Nel secondo semestre del 2024, gli infortuni sul lavoro sono aumentati dello 0,19%, le malattie professionali del 21,6% e gli incidenti mortali del 3,81%. A essere più colpiti sono i lavoratori e le lavoratrici over 55, senza particolari differenze di genere. È quanto emerge dal nuovo Report semestrale su infortuni e malattie professionali a cura del Dipartimento Salute e Sicurezza della CISL Nazionale, che analizza il fenomeno infortunistico e tecnopatico attraverso i dati ufficiali INAIL. Il documento non si limita ai numeri, ma approfondisce le cause degli incidenti, le criticità delle tutele e il legame con le condizioni di lavoro. Inoltre, fornisce aggiornamenti normativi e strumenti pratici per chi opera nel settore della salute e sicurezza.
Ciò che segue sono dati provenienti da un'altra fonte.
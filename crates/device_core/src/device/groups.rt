//! Multicast groups of the device (TS005-1.0.0).

ghost use Rattle.std.specs.Prelude.{◌≡◌, ◌+◌, ◌<◌, ◌≤◌, length};
ghost use Rattle.package_grammar.specs.declared.command.Command.{Command};
ghost use Rattle.cast_wire.specs.declared.cmd.Cmd.TheVariants.{McGroupSetupAns, McGroupDeleteAns};
ghost use Rattle.mc_group.specs.Groups.{group_of};
ghost use Rattle.device_core.specs.Groups.{groups_step, group_setup_step, without_group, group_delete_step};
ghost use Rattle.device_core.specs.Sendable.{IsSendable};

use super::Device;
use crate::arrival::Arrival;
use crate::class_session::ClassSession;
use cast_wire::Cmd;
use flash_session::Flash;
use mc_group::{GroupAnswer, GroupEnd};
use mc_keys::Key;
use package_grammar::Command;

impl<F: Flash + Drop> Device<F> {
    ghost use Rattle.device_core.specs.HeldDevice.{StepsAside};

    /// McGroupStatusReq.
    pub(super) fn groups(&mut self, here: Arrival, mask: u8)
        requires port { here.port ≡ 200 }
        requires room { length self.old.outbox < 8 }
        ensures { StepsAside self.old self.new 1 (λ device. groups_step here device mask) }
    {
        let answer = self.groups.status(mask);
        self.send(here.moment.t, here.port, Command::Cast(answer));
    }

    /// McGroupSetupReq.
    pub(super) fn group_setup(
        &mut self,
        here: Arrival,
        id: u8,
        addr: u32,
        wrapped: &Key,
        min: u32,
        max: u32,
    )
        requires port { here.port ≡ 200 }
        requires id { id < 4 }
        requires room { length self.old.outbox < 8 }
        ensures { StepsAside self.old self.new 1 (λ device.
            group_setup_step here device id
            (group_of device.config.key device.config.root addr wrapped.now min max)) }
    {
        match self.groups.setup(
            &self.config.key,
            self.config.root,
            id,
            addr,
            wrapped,
            min,
            max,
        ) {
            GroupAnswer::IdError => self.send(here.moment.t, here.port, setup_answer(id, true)),
            GroupAnswer::Ok => self.send(here.moment.t, here.port, setup_answer(id, false)),
        }
    }

    /// McGroupDeleteReq.
    pub(super) fn group_delete(&mut self, here: Arrival, id: u8)
        requires port { here.port ≡ 200 }
        requires id { id < 4 }
        requires room { length self.old.outbox < 8 }
        ensures { StepsAside self.old self.new 1 (λ device. group_delete_step here device id) }
    {
        match self.groups.delete(id) {
            GroupEnd::Undefined => self.send(here.moment.t, here.port, delete_answer(id, true)),
            GroupEnd::Ok => {
                self.class_session = without_group(id, self.class_session);
                self.send(here.moment.t, here.port, delete_answer(id, false));
            }
        }
    }
}

/// The class session of a device without the group of an id.
fn without_group(id: u8, session: Option<ClassSession>) -> Option<ClassSession>
    ensures { result ≡ without_group id session }
{
    match session {
        Some(session) if session.id != id => Some(session),
        _ => None,
    }
}

/// McGroupSetupAns.
fn setup_answer(id: u8, error: bool) -> Command<'static>
    requires { id < 4 }
    ensures value { result ≡ Command.Cast (McGroupSetupAns id error) }
    ensures sendable { IsSendable 200 result }
{
    Command::Cast(Cmd::McGroupSetupAns { id, error })
}

/// McGroupDeleteAns.
fn delete_answer(id: u8, undefined: bool) -> Command<'static>
    requires { id < 4 }
    ensures value { result ≡ Command.Cast (McGroupDeleteAns id undefined) }
    ensures sendable { IsSendable 200 result }
{
    Command::Cast(Cmd::McGroupDeleteAns { id, undefined })
}
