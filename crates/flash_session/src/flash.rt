//! A flash: bytes by place, which a sync makes outlast a stop.

ghost use Rattle.std.specs.Prelude.{◌≡◌, ℕ, ◌+◌, ◌^◌, ◌<◌, ◌≤◌, Bool, length, replicate, OnOk, is_err};
ghost use Rattle.flash_session.specs.Contents.{SameOutside, Same, Put, Follows, Gives};
ghost use Rattle.flash_session.specs.Seen.{FlashSeen, IsKept};
ghost use Rattle.flash_session.specs.Serving.{FlashServes, FlashReads};

use thiserror::Error;

/// A call of the flash failed.
#[derive(Clone, Copy, Debug, PartialEq, Eq, Error)]
#[error("a call of the flash failed")]
pub struct Failed;

/// Bytes by place. Between two syncs a stop may leave any bytes where something was written; after a sync it leaves what a read
/// gives. Where a flash tells nothing, no content is held, and the clauses about contents say nothing.
pub trait Flash {
    /// What a flash tells: what a read gives, what a stop may leave, and how often a call has failed.
    ghost seen: { Self → FlashSeen };

    /// What a flash tells of a call that takes so many steps, from what it was before to what it is after: whether the call
    /// failed.
    ghost tells: { Self → Self → (steps : ℕ) → (failed : Bool) → Type 0 };

    /// Returns how many bytes it has; this never changes.
    fn size(&self) -> u32
        ensures { result ≡ (seen self.now).room };

    /// Fills `buf` with the bytes from a place on.
    fn read(&mut self, at: u32, buf: &mut [u8]) -> Result<(), Failed>
        requires { at + length buf.old ≤ (seen self.old).room }
        ensures reads { FlashReads (λ done holds. Gives holds at buf.new) (seen self.old)
            (seen self.new) result }
        ensures told { tells self.old self.new 0 (is_err result) };

    /// Writes the piece from a place on. Until a sync, and after a failure, any bytes may be there.
    fn write(&mut self, at: u32, piece: &[u8]) -> Result<(), Failed>
        requires { at + length piece.now ≤ (seen self.old).room }
        ensures written { OnOk result
            (Follows (Put at piece.now) (seen self.old).holds (seen self.new).holds) }
        ensures serves { FlashServes (SameOutside at (length piece.now)) (seen self.old)
            (seen self.new) result }
        ensures told { tells self.old self.new (length piece.now) (is_err result) };

    /// Writes `n` zeros from a place on. Until a sync, and after a failure, any bytes may be there.
    fn fill(&mut self, at: u32, n: u32) -> Result<(), Failed>
        requires { at + n ≤ (seen self.old).room }
        ensures written { OnOk result
            (Follows (Put at (replicate n 0)) (seen self.old).holds (seen self.new).holds) }
        ensures serves { FlashServes (SameOutside at n) (seen self.old) (seen self.new) result }
        ensures told { tells self.old self.new n (is_err result) };

    /// Makes what a read gives outlast a stop.
    fn sync(&mut self) -> Result<(), Failed>
        ensures durable { OnOk result (IsKept (seen self.new)) }
        ensures serves { FlashServes Same (seen self.old) (seen self.new) result }
        ensures told { tells self.old self.new 1 (is_err result) };

    /// Places are numbers of 32 bits.
    ghost small: { (f : Self) → (seen f).room < 2 ^ 32 };
}
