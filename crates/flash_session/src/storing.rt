//! Records after gates.

ghost use Rattle.std.specs.Prelude.{◌≡◌, ◌+◌, ◌*◌, ◌<◌, ◌≤◌, ◌^◌, length, Some, OnOk};
ghost use Rattle.flash_session.specs.Contents.{SameOutside, Put, Follows};
ghost use Rattle.flash_session.specs.Layout.{most_records, most_tallies, records_place};
ghost use Rattle.flash_session.specs.Lies.{with_record, with_tally};
ghost use Rattle.flash_session.specs.Ranges.{RangeServes, WasOrIs, Storing, Tallied};
ghost use Rattle.flash_session.specs.Seen.{IsKept};
ghost use Rattle.flash_session.specs.Serving.{FlashServes};

use crate::flash::{Failed, Flash};
use crate::layout::{OPEN, RECORD_GATES, RECORDS, TALLY_GATES};

/// Writes a piece and syncs it.
pub fn write_synced<F: Flash>(flash: &mut F, at: u32, piece: &[u8]) -> Result<(), Failed>
    requires { at + length piece.now ≤ (F.seen flash.old).room }
    ensures written { OnOk result
        (Follows (Put at piece.now) (F.seen flash.old).holds (F.seen flash.new).holds) }
    ensures kept { OnOk result (IsKept (F.seen flash.new)) }
    ensures serves { FlashServes (SameOutside at (length piece.now)) (F.seen flash.old)
        (F.seen flash.new) result }
{
    flash.write(at, piece)?;
    flash.sync()
}

/// Adds record `n` to the session whose range begins at `base`: the record is written and synced, and then its gate.
/// `span` is the length of the range, and `size` that of a record's data.
pub fn store<F: Flash>(
    flash: &mut F,
    base: u32,
    span: u32,
    size: u8,
    n: u16,
    piece: &[u8],
) -> Result<(), Failed>
    requires range { base + span ≤ (F.seen flash.old).room }
    requires gate { n < most_records }
    requires room { records_place + (10 + size) * (n + 1) ≤ span }
    requires sized { length piece.now ≡ 10 + size }
    ensures stored { RangeServes base span (WasOrIs base)
        (λ (x : Storing size n piece.now). Some x.grows.session)
        (λ x. Some (with_record x.grows.session x.fragment)) (F.seen flash.old) (F.seen flash.new)
        result }
    ensures kept { OnOk result (IsKept (F.seen flash.new)) }
{
    let at = base + RECORDS + (10 + size as u32) * n as u32;
    write_synced(flash, at, piece)?;
    let gate = base + RECORD_GATES + n as u32;
    write_synced(flash, gate, &[OPEN])
}

/// Counts a fragment that is only counted: opens count gate `n`.
pub fn count_gate<F: Flash>(flash: &mut F, base: u32, span: u32, n: u16) -> Result<(), Failed>
    requires range { base + span ≤ (F.seen flash.old).room }
    requires long { records_place ≤ span }
    requires gate { n < most_tallies }
    ensures stored { RangeServes base span (WasOrIs base) (λ (x : Tallied n). Some x.session)
        (λ x. Some (with_tally x.session)) (F.seen flash.old) (F.seen flash.new) result }
    ensures kept { OnOk result (IsKept (F.seen flash.new)) }
{
    let place = base + TALLY_GATES + n as u32;
    write_synced(flash, place, &[OPEN])
}
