//! Why a session in flash cannot be opened.

use thiserror::Error;

/// Why a session in flash cannot be opened.
#[derive(Clone, Copy, Debug, PartialEq, Eq, Error)]
pub enum OpenFault {
    /// A call of the flash failed.
    #[error("a call of the flash failed")]
    Flash,
    /// The bytes at this place, counted from the range's first byte, are no session's; it is the lowest such place.
    #[error("byte {0} of the range is no session's")]
    Foreign(u32),
}
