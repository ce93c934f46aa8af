//! What a session in flash knows in its fixed memory: a law, the contract of a function with an empty body.

ghost use Rattle.flash_session.specs.FixedMemory.{FixedMemory};

/// The flash keeps only a count of a fragment that is not new. Still, what a session holds in its fixed memory is what its whole
/// list says, after a restart too: the same blocks fit, the rows held are its excess, and nothing is decided while two files fit.
pub fn fixed_memory_knows_all()
    ensures { FixedMemory }
{}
Di fronte a questi dati, la Segretaria Generale della CISL, Daniela Fumarola (nella foto), ribadisce la necessità di una strategia nazionale di prevenzione, che coinvolga istituzioni, imprese e sindacati in un impegno comune.“Non possiamo limitarci a registrare questi numeri: dobbiamo agire. Serve un piano condiviso che metta al centro la prevenzione, con investimenti in formazione, innovazione tecnologica e controlli adeguati. La sicurezza sul lavoro non è un costo, ma un valore imprescindibile per il nostro sistema produttivo e sociale. Per questo, la CISL rilancia la proposta di un patto sociale che impegni tutti gli attori a rafforzare la tutela della salute dei lavoratori”, ha dichiarato Fumarola.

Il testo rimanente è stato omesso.